_Work request_: Filter the records below for the word "Refuses". Keep each line that has it.

=== Begin Enclosure ===

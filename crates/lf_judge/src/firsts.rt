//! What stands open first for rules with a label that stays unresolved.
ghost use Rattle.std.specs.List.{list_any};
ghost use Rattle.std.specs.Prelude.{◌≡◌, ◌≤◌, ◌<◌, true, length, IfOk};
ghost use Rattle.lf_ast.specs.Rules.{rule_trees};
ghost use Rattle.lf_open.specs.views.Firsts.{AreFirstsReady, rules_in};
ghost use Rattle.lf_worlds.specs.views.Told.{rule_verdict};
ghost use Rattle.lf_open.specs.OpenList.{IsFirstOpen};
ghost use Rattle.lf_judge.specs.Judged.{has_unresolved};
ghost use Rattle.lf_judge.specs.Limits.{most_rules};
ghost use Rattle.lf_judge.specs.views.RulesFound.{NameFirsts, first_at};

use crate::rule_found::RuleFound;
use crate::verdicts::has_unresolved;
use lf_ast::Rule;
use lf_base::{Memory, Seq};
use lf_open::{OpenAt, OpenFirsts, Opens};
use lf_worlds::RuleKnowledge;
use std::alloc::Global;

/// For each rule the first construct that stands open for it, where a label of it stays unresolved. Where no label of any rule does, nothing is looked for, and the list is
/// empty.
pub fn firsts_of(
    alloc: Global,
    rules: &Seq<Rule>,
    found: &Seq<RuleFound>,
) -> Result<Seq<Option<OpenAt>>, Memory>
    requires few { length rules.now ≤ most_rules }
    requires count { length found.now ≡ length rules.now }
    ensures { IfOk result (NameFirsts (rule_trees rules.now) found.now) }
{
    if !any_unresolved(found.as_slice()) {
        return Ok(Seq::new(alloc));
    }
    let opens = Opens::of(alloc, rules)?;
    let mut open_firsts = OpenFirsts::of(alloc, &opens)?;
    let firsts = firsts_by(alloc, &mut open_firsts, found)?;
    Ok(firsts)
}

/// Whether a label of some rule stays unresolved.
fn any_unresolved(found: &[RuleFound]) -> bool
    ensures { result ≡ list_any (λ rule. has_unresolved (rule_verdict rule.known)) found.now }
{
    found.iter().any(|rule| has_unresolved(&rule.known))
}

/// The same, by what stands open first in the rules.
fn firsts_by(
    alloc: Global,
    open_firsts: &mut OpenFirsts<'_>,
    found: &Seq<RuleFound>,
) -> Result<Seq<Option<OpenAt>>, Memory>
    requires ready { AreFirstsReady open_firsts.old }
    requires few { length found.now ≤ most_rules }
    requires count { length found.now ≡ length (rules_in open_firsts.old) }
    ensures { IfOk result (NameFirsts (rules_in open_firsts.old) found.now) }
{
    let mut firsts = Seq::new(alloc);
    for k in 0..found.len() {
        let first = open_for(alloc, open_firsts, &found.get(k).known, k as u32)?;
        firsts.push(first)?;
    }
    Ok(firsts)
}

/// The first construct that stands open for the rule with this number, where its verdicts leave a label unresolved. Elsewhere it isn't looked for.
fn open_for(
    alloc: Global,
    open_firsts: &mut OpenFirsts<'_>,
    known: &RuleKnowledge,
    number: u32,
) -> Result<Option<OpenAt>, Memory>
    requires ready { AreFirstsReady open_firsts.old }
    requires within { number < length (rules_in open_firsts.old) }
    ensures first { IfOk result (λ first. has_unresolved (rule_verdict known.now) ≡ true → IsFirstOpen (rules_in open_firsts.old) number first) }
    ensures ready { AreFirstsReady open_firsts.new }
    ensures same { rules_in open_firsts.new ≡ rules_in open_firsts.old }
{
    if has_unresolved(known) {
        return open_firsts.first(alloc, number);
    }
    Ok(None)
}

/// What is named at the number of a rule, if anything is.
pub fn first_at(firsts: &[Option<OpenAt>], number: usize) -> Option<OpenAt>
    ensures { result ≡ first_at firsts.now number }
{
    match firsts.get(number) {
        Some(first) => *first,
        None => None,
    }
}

=== End Enclosure ===
=== Begin Enclosure ===

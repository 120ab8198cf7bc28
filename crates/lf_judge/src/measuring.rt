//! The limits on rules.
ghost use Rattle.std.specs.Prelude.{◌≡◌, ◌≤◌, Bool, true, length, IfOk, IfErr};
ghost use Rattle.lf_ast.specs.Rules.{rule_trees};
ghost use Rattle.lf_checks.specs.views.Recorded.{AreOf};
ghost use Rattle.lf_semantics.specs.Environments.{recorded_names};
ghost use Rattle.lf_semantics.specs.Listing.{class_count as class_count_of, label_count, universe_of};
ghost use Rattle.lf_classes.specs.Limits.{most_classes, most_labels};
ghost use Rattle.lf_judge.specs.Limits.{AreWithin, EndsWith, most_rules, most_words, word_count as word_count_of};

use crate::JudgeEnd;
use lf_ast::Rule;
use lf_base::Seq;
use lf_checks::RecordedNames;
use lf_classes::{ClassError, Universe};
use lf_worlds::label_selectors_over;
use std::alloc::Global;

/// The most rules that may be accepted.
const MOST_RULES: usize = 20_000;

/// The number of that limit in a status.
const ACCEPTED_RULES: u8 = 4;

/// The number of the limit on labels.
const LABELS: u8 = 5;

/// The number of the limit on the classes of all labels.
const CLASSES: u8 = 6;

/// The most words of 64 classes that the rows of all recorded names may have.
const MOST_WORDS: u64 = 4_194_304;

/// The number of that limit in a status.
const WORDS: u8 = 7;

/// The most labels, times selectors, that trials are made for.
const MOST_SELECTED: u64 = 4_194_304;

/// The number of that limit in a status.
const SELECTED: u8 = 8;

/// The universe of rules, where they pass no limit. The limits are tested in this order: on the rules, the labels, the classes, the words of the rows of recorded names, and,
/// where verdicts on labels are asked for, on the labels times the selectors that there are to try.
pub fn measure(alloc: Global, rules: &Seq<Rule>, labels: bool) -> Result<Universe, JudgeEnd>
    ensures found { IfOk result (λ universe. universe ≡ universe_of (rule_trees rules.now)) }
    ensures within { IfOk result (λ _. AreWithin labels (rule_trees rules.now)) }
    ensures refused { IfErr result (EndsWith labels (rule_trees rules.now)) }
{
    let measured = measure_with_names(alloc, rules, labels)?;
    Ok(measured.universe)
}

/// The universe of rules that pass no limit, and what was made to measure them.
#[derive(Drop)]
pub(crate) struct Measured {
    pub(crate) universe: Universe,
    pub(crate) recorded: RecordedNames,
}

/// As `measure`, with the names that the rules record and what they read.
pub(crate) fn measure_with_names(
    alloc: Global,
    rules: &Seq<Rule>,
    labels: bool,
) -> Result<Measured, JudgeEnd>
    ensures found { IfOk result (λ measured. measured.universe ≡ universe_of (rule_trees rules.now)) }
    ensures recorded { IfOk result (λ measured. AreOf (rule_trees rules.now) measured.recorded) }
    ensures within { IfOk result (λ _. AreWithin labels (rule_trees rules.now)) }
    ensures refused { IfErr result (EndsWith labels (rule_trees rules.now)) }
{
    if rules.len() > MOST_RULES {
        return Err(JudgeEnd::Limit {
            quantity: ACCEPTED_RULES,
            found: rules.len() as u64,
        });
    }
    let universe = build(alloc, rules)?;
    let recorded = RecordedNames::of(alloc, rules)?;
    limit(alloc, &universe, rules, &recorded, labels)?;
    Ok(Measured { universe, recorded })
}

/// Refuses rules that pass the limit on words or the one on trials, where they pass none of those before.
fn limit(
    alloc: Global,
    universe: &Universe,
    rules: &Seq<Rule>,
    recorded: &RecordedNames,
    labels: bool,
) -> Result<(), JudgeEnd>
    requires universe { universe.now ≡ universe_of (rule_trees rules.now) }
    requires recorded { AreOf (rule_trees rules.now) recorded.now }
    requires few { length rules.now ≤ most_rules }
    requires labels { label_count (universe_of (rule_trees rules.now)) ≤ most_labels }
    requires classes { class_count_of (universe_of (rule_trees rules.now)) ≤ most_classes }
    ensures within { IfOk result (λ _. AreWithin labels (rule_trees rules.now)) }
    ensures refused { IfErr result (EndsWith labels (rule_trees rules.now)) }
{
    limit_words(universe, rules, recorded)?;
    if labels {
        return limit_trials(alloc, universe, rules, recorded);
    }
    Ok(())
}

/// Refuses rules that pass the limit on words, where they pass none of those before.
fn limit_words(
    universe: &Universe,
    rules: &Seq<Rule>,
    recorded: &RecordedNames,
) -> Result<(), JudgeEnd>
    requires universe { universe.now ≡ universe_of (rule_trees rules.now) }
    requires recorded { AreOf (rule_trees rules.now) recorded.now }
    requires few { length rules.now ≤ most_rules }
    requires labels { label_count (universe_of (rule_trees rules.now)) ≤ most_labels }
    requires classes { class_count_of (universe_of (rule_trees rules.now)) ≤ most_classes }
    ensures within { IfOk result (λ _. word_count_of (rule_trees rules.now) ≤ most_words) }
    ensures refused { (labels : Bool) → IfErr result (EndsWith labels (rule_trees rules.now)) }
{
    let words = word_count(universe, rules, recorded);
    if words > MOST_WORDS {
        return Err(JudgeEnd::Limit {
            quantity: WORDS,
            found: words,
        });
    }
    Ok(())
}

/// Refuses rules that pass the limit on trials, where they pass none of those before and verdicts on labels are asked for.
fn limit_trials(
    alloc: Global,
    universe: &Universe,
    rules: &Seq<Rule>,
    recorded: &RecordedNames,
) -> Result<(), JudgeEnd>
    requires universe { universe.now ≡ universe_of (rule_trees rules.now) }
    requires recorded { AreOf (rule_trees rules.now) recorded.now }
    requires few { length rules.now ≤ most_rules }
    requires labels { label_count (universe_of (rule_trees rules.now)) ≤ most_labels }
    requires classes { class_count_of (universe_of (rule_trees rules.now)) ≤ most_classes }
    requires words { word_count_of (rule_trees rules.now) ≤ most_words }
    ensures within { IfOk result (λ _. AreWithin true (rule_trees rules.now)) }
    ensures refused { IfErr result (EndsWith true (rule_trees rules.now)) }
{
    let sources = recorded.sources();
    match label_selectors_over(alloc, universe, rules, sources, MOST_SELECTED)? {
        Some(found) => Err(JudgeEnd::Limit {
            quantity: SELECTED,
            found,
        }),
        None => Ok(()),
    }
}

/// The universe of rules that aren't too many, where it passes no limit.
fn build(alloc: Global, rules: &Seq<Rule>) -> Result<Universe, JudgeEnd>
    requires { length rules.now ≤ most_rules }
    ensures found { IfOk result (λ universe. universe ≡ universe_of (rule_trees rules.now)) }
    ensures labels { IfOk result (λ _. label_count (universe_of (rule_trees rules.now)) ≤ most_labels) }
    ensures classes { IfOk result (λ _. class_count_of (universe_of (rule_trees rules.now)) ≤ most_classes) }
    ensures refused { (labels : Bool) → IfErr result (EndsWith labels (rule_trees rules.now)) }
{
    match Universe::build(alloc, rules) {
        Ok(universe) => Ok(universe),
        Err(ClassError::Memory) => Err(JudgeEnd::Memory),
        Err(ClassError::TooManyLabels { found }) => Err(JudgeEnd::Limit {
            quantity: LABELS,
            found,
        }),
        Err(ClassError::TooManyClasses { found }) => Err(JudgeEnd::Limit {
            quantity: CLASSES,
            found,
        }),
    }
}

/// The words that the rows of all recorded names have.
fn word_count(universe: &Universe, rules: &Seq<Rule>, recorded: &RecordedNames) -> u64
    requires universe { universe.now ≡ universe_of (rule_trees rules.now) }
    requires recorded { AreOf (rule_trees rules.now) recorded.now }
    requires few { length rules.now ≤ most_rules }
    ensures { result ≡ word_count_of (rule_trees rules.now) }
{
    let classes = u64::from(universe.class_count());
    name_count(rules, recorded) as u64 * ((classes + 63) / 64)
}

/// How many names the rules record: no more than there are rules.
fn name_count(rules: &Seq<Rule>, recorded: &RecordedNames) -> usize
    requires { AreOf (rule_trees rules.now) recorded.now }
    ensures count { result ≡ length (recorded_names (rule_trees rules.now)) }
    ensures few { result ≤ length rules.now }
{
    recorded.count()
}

=== End Enclosure ===

_Response to this task_:
/// Refuses rules that pass the limit on words or the one on trials, where they pass none of those before.
/// Refuses rules that pass the limit on words, where they pass none of those before.
/// Refuses rules that pass the limit on trials, where they pass none of those before and verdicts on labels are asked for.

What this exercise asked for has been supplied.